:: Work required ::
Output the listing below, all of it, exactly as given.

:: Records ::
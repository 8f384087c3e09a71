//! How a seat gets a record of its own again.

ghost use Rattle.std.specs.Prelude.{◌≡◌, ◌<◌, ◌≤◌, ◌↔◌, IsTrue, IfOk, IfSome, drop, length, slice_get};
ghost use Rattle.history_row.specs.Rows.{IsRowOf};
ghost use Rattle.store_seat.specs.Claims.{Owns, Claims};

use crate::fault::CallFault;
use crate::naming::Naming;
use crate::seat::Seat;
use entry::NoMemory;
use history::History;
use history_row::{Receipt, Row};
use master_core::Refusal;
use std::alloc::Global;
use versioned_map::Reply;

/// Whether the history has a record of this seat at the place, the row has a cell for it, and the place isn't below the
/// seat's first number. False if the record was forgotten. It takes no memory.
pub fn owns<B: Naming>(history: &History, row: &Row<B>, seat: &Seat<B>, place: u64) -> bool
    ensures { IsTrue result ↔ (Owns B.start history.now.records seat.now place × (history.now.forgotten ≤ place)) }
{
    if place < seat.first || place < row.start() as u64 {
        return false;
    }
    match history.get(place as usize) {
        Some(what) => what.seat == seat.number,
        None => false,
    }
}

/// The reply of a record that the seat owns, and a receipt of its place. Nothing changes. Memory is asked for only if
/// the reply has a value of more than 15 bytes. If it is refused, the seat knows no more of the record than before.
pub fn claim<B: Naming>(
    alloc: Global,
    history: &History,
    row: &mut Row<B>,
    seat: &Seat<B>,
    place: u64,
) -> Result<(Reply, Receipt<B>), CallFault>
    requires written { IsRowOf row.old (drop B.start history.now.records) }
    requires owned { Owns B.start history.now.records seat.now place }
    requires kept { history.now.forgotten ≤ place }
    ensures row { row.new ≡ row.old }
    ensures claims { Claims history.now.records seat.now place result }
{
    match reply_at(alloc, history, place) {
        Ok(reply) => Ok((reply, row.receipt(place as usize))),
        Err(_) => Err(CallFault::Unsure(place, Refusal::NoMemory)),
    }
}

/// The reply of the record at this place.
fn reply_at(alloc: Global, history: &History, place: u64) -> Result<Reply, NoMemory>
    requires { (history.now.forgotten ≤ place) × (place < length history.now.records) }
    ensures { IfOk result (λ reply. IfSome (slice_get history.now.records place) (λ r. reply ≡ r.reply)) }
{
    let Some(what) = history.get(place as usize) else {
        unreachable!()
    };
    what.reply.to_reply(alloc)
}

:: Output below ::
repository 8f384087c3e09a71
//! How a seat gets a record of its own again.

ghost use Rattle.std.specs.Prelude.{◌≡◌, ◌<◌, ◌≤◌, ◌↔◌, IsTrue, IfOk, IfSome, drop, length, slice_get};
ghost use Rattle.history_row.specs.Rows.{IsRowOf};
ghost use Rattle.store_seat.specs.Claims.{Owns, Claims};

use crate::fault::CallFault;
use crate::naming::Naming;
use crate::seat::Seat;
use entry::NoMemory;
use history::History;
use history_row::{Receipt, Row};
use master_core::Refusal;
use std::alloc::Global;
use versioned_map::Reply;

/// Whether the history has a record of this seat at the place, the row has a cell for it, and the place isn't below the
/// seat's first number. False if the record was forgotten. It takes no memory.
pub fn owns<B: Naming>(history: &History, row: &Row<B>, seat: &Seat<B>, place: u64) -> bool
    ensures { IsTrue result ↔ (Owns B.start history.now.records seat.now place × (history.now.forgotten ≤ place)) }
{
    if place < seat.first || place < row.start() as u64 {
        return false;
    }
    match history.get(place as usize) {
        Some(what) => what.seat == seat.number,
        None => false,
    }
}

/// The reply of a record that the seat owns, and a receipt of its place. Nothing changes. Memory is asked for only if
/// the reply has a value of more than 15 bytes. If it is refused, the seat knows no more of the record than before.
pub fn claim<B: Naming>(
    alloc: Global,
    history: &History,
    row: &mut Row<B>,
    seat: &Seat<B>,
    place: u64,
) -> Result<(Reply, Receipt<B>), CallFault>
    requires written { IsRowOf row.old (drop B.start history.now.records) }
    requires owned { Owns B.start history.now.records seat.now place }
    requires kept { history.now.forgotten ≤ place }
    ensures row { row.new ≡ row.old }
    ensures claims { Claims history.now.records seat.now place result }
{
    match reply_at(alloc, history, place) {
        Ok(reply) => Ok((reply, row.receipt(place as usize))),
        Err(_) => Err(CallFault::Unsure(place, Refusal::NoMemory)),
    }
}

/// The reply of the record at this place.
fn reply_at(alloc: Global, history: &History, place: u64) -> Result<Reply, NoMemory>
    requires { (history.now.forgotten ≤ place) × (place < length history.now.records) }
    ensures { IfOk result (λ reply. IfSome (slice_get history.now.records place) (λ r. reply ≡ r.reply)) }
{
    let Some(what) = history.get(place as usize) else {
        unreachable!()
    };
    what.reply.to_reply(alloc)
}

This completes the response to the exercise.